朝高铭一拱手,“后会有期。”说罢,潇洒的转身。
鲁智深在后面喊了一嗓子,“兄弟——”就追了出去。
高铭见状,朝武松走去,“你既然要走,那么我送你一程,你不会拒绝吧?”
孙小五就算没正式即位,但也是实际梁山最大的头目,送武松下山合情合理。
高铭吩咐喽啰取金银来,他则跟着武松往山下走。
鲁智深着急的道:“他要走,怎么不劝他,怎么还送他?”
众人见武松这么表态,都默默的看着,且看准寨主孙小五怎么处理。
花荣担心高铭跟武松单独相处,不远不近的跟着,一直目送两人到了半山腰的断金亭。
不过他并没有走上前去,而是和鲁智深他们站在一起,离断金亭十丈左右的距离看着。
高铭和武松坐在断金亭内,跟前摆着一盘金银,这是送给武松另立山头的盘缠。
高铭心想,这些盘缠够武松喝酒吃肉,再抢个山头做大王的了。
正因为如此,他才不能让武松离开。
高铭环顾四周,怅然道:“记得当初就是在这里,晁盖夺了王伦的寨主位置,而如今我孙小五又坐在了这里。”
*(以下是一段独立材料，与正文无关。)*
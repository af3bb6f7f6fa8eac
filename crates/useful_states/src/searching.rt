//! The useful states: those that are reached from the initial state, among those that reach a goal.

ghost use Rattle.std.specs.Prelude.{◌≡◌, ◌<◌, ◌↔◌, ℕ, Contains, IsTrue, IfOk};
ghost use Rattle.auto_core.specs.Automaton.{IsAccepting};
ghost use Rattle.auto_core.specs.Useful.{Reaches, IsGoal, AreUseful};
ghost use Rattle.auto_core.specs.declared.parts.Mode.TheVariants.{Buchi};
ghost use Rattle.useful_states.specs.Cycles.{AreComponentNumbers};
ghost use Rattle.useful_states.specs.Gathering.{HoldsJust};
ghost use Rattle.useful_states.specs.Goals.{ComesToGoal};

use crate::cycles::{component_numbers, is_on_cycle};
use crate::direction::Direction;
use crate::gathering::Gathered;
use auto_core::{Auto, Memory, Mode, StateSet};
use std::alloc::Global;

/// The accepting states.
fn accepting(alloc: Global, automaton: &Auto) -> Result<Gathered, Memory>
    ensures { IfOk result (HoldsJust automaton.now.states (IsAccepting automaton.now)) }
{
    let mut gathered = Gathered::new(alloc, automaton.states())?;
    for state in 0..automaton.states() {
        if automaton.accepting(state) {
            gathered.add(state)?;
        }
    }
    Ok(gathered)
}

/// Tells whether the state is accepting and lies on a cycle.
fn accepts_again(automaton: &Auto, numbers: &[u32], state: u32) -> bool
    requires numbers { AreComponentNumbers automaton.now numbers.now }
    requires state { state < automaton.now.states }
    ensures { IsTrue result ↔ IsGoal automaton.now Buchi state }
{
    if !automaton.accepting(state) {
        return false;
    }
    is_on_cycle(automaton, numbers, state)
}

/// The accepting states on cycles.
fn accepting_on_cycles(alloc: Global, automaton: &Auto) -> Result<Gathered, Memory>
    ensures { IfOk result (HoldsJust automaton.now.states (IsGoal automaton.now Buchi)) }
{
    let numbers = component_numbers(alloc, automaton)?;
    let mut gathered = Gathered::new(alloc, automaton.states())?;
    for state in 0..automaton.states() {
        if accepts_again(automaton, &numbers, state) {
            gathered.add(state)?;
        }
    }
    Ok(gathered)
}

/// The goals.
fn goals(alloc: Global, automaton: &Auto, mode: Mode) -> Result<Gathered, Memory>
    ensures { IfOk result (HoldsJust automaton.now.states (IsGoal automaton.now mode)) }
{
    match mode {
        Mode::Finite => accepting(alloc, automaton),
        Mode::Buchi => accepting_on_cycles(alloc, automaton),
    }
}

/// The states that reach a goal.
fn before_goals(alloc: Global, automaton: &Auto, mode: Mode) -> Result<Gathered, Memory>
    ensures { IfOk result (HoldsJust automaton.now.states (ComesToGoal automaton.now mode)) }
{
    let mut gathered = goals(alloc, automaton, mode)?;
    gathered.close(automaton, Direction::Backward)?;
    Ok(gathered)
}

/// The states that are reached from the initial state.
fn reached(alloc: Global, automaton: &Auto) -> Result<Gathered, Memory>
    ensures { IfOk result
        (HoldsJust automaton.now.states (Reaches automaton.now automaton.now.initial)) }
{
    let mut gathered = Gathered::new(alloc, automaton.states())?;
    gathered.add(automaton.initial())?;
    gathered.close(automaton, Direction::Forward)?;
    Ok(gathered)
}

/// Tells whether the state is in both sets.
fn has_both(one: &StateSet, other: &StateSet, state: u32) -> bool
    requires one { state < one.now.states }
    requires other { state < other.now.states }
    ensures { IsTrue result ↔ (Contains one.now.members state × Contains other.now.members state) }
{
    one.has(state) && other.has(state)
}

/// The states that are in both sets.
fn in_both(alloc: Global, states: u32, one: &StateSet, other: &StateSet) -> Result<StateSet, Memory>
    requires one { one.now.states ≡ states }
    requires other { other.now.states ≡ states }
    ensures states { IfOk result (λ s. s.states ≡ states) }
    ensures members { IfOk
        result (λ s.
        (q : ℕ) → Contains s.members q
        ↔ ((q < states) × Contains one.now.members q × Contains other.now.members q)) }
{
    let mut set = StateSet::new(alloc, states)?;
    for state in 0..states {
        if has_both(one, other, state) {
            set.add(state);
        }
    }
    Ok(set)
}

/// The useful states: those that are reached from the initial state and reach an accepting state,
/// in Büchi mode one that lies on a cycle.
pub fn useful(alloc: Global, automaton: &Auto, mode: Mode) -> Result<StateSet, Memory>
    ensures states { IfOk result (λ s. s.states ≡ automaton.now.states) }
    ensures members { IfOk result (λ s. AreUseful automaton.now mode s.members) }
{
    let goals = before_goals(alloc, automaton, mode)?;
    let reached = reached(alloc, automaton)?;
    in_both(alloc, automaton.states(), &reached.set, &goals.set)
}
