//! Automata that keep some states.

ghost use Rattle.std.specs.Prelude.{◌≡◌, ◌+◌, ◌^◌, ◌<◌, ◌≤◌, ◌&&◌, IfOk, if◌then◌else◌};
ghost use Rattle.auto_core.specs.Automaton.{is_accepting};
ghost use Rattle.auto_core.specs.Useful.{stays, IsKeptPart, IsTrimmed};
ghost use Rattle.useful_states.specs.KeptParts.{has, joins, AreNumbers, kept_transitions, kept_accepting};

use crate::searching::useful;
use auto_core::{Auto, Memory, Mode, StateSet, Trans, of_parts};
use std::alloc::Global;

/// One more than the count if the state stays, else the count.
fn counted(automaton: &Auto, kept: &StateSet, state: u32, count: u32) -> u32
    requires equal { kept.now.states ≡ automaton.now.states }
    requires is_state { state < automaton.now.states }
    requires states_fit { automaton.now.states < 2 ^ 32 }
    requires few { count ≤ state }
    ensures { result ≡ count + (if stays automaton.now kept.now.members state then 1 else 0) }
{
    if kept.has(state) || state == automaton.initial() {
        count + 1
    } else {
        count
    }
}

/// The new number of each state, and behind them the number of states that stay.
fn new_numbers(alloc: Global, automaton: &Auto, kept: &StateSet) -> Result<Vec<u32>, Memory>
    requires { kept.now.states ≡ automaton.now.states }
    ensures { IfOk result (λ v. AreNumbers automaton.now kept.now.members v.items) }
{
    let mut numbers = Vec::new(alloc);
    let mut count = 0;
    for state in 0..automaton.states() {
        numbers.push(count)?;
        count = counted(automaton, kept, state, count);
    }
    numbers.push(count)?;
    Ok(numbers)
}

/// Tells whether both ends of the transition are kept.
fn has_ends(automaton: &Auto, kept: &StateSet, step: Trans) -> bool
    requires equal { kept.now.states ≡ automaton.now.states }
    requires source { step.source < automaton.now.states }
    requires target { step.target < automaton.now.states }
    ensures { result ≡ joins kept.now.members step }
{
    kept.has(step.source) && kept.has(step.target)
}

/// Tells whether the state is kept and accepting.
fn stays_accepting(automaton: &Auto, kept: &StateSet, state: u32) -> bool
    requires equal { kept.now.states ≡ automaton.now.states }
    requires is_state { state < automaton.now.states }
    ensures { result ≡ (has kept.now.members state && is_accepting automaton.now state) }
{
    kept.has(state) && automaton.accepting(state)
}

/// The transitions with both ends kept, under the new numbers.
fn transitions_kept(
    alloc: Global,
    automaton: &Auto,
    kept: &StateSet,
    numbers: &[u32],
) -> Result<Vec<Trans>, Memory>
    requires equal { kept.now.states ≡ automaton.now.states }
    requires numbers { AreNumbers automaton.now kept.now.members numbers.now }
    ensures { IfOk result (λ v. v.items ≡ kept_transitions automaton.now kept.now.members) }
{
    let mut made = Vec::new(alloc);
    let transitions = automaton.transitions();
    for at in 0..transitions.len() {
        let step = transitions[at];
        if has_ends(automaton, kept, step) {
            made.push(Trans {
                source: numbers[step.source as usize],
                label: step.label,
                target: numbers[step.target as usize],
            })?;
        }
    }
    Ok(made)
}

/// The kept accepting states, under the new numbers.
fn accepting_kept(
    alloc: Global,
    automaton: &Auto,
    kept: &StateSet,
    numbers: &[u32],
) -> Result<Vec<u32>, Memory>
    requires equal { kept.now.states ≡ automaton.now.states }
    requires numbers { AreNumbers automaton.now kept.now.members numbers.now }
    ensures { IfOk result (λ v. v.items ≡ kept_accepting automaton.now kept.now.members) }
{
    let mut made = Vec::new(alloc);
    for state in 0..automaton.states() {
        if stays_accepting(automaton, kept, state) {
            made.push(numbers[state as usize])?;
        }
    }
    Ok(made)
}

/// The automaton of the kept states and the initial one, the transitions with both ends kept, and
/// the kept accepting states. New numbers follow the old ones' order.
pub fn keep(alloc: Global, automaton: &Auto, kept: &StateSet) -> Result<Auto, Memory>
    requires { kept.now.states ≡ automaton.now.states }
    ensures { IfOk result (IsKeptPart automaton.now kept.now.members) }
{
    let numbers = new_numbers(alloc, automaton, kept)?;
    let transitions = transitions_kept(alloc, automaton, kept, &numbers)?;
    let accepting = accepting_kept(alloc, automaton, kept, &numbers)?;
    of_parts(
        alloc,
        numbers[automaton.states() as usize],
        automaton.labels(),
        numbers[automaton.initial() as usize],
        &transitions,
        &accepting,
    )
}

/// The automaton of the useful states and the initial one, which stays even where it is useless:
/// the transitions between useful states, and the useful accepting states.
pub fn trim(alloc: Global, automaton: &Auto, mode: Mode) -> Result<Auto, Memory>
    ensures { IfOk result (IsTrimmed automaton.now mode) }
{
    let kept = useful(alloc, automaton, mode)?;
    keep(alloc, automaton, &kept)
}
武松觉得孙小五话里有话,冷声道:“我都要走了,这山寨怎么样和我再没关系,再者,我向来有什么说什么,你年纪虽轻,却是个真好汉,哪怕你动了招安的念头,我都不怪你,我不会学晁盖杀人夺取山泊。我武松不是那样的人。”
况且,他们不远处那么多人看着呢,这大片山头都是孙小五的人,他武松杀了孙小五也做不成寨主。
高铭叹道:“我知道,武都头情深义重,不是那等背信弃义之人,所以才活得格外痛苦,不是么?”
武松不瞅孙小五的眼睛,只看别处,“我一个人逍遥快活,你这话不对!我出去找个山头,仍旧喝酒吃肉。”
高铭摇头,“我不是说离开兄弟们你不快活,其实这快活不快活只在自己心里,如果心里压着石头,喝多少酒也快活不了。”
武松沉默不说话。
高铭就长长一叹,“我身上也有人命官司,了解我底细的人都清楚,我药死了我做算账伙计的布庄的掌柜的,背着人命逃亡的,但是我心里其实一点负担都没有。因为我觉得那厮活该,他欺负我。他死在我手上,我却一次都梦到过他。甚至有种感觉,如果他敢再出现,我还会杀掉他。我觉得你能理解。”
武松抬眸盯着孙小五,是的,他理解,就像他杀掉嫂子和西门庆,他没有一点后悔,如果再一次选择,他还会那么做。
高铭话锋一转,“但是,虽然一次没有梦到这个掌柜的,却常常梦到当天在屋内的另一人,是他的小孙子,我药翻掌柜的,我一不做二不休就把这个小孩子给闷死了。如果让我再来一次,我可能会放过这个孩子。”
武松拳头攥紧,咯吱作响。
“这梁山内虽然大家兄弟相称,但其实杀人不眨眼的人有很多,比如李逵,我就不信他心里有石头,而你不一样,你是负重前行的。”
在张都监家滥杀无辜,自此之后,武松的性格都变了,变得冷酷多疑,甚至有点自暴自弃。除了被张都监两面三刀刺激到之外,相信也有对玉兰等人的愧疚吧。
他杀完人之后,在墙上留下打虎武松三个字,不知道有没有缅怀他最高光的时刻的意味。
打虎之后,他是整个阳谷县人人称颂的英雄,杀了西门庆之后是为兄报仇的好汉,而张都监灭门案之后,他只是一个通缉犯,一个强盗。
武松眼神阴鸷的看向高铭,“你把话说清楚。”
高铭只是平静的道:“有机会,我想赎罪,心里那块石头太重了,我想卸下来,你呢?”
武松身体一凛,恕罪?他还有机会赎罪么?
“如果能够招安,大家就都是官军了,什么建功立业,那说得太大了,我不喜欢,但是如果能够哪怕除去一个敌人,救一个无辜的百姓,都能稍微减轻一点心里的负罪感。”
到这个时候,高铭终于明确讲出了“负罪感”三个字。
这三个字像一把利刃刺进了武松心中,没错,就是负罪感!
当初在张都监府内,他杀红了眼,等到回过神来,已经是满地尸首,但是冷静下来,他何尝没有后悔。当初杀西门庆,他只取他一个人的性命,对他的家眷一个都没有伤害,是什么时候,他变成了这样子,不管是死有余辜的,还是无辜的不相干的人,全死在了他的刀下。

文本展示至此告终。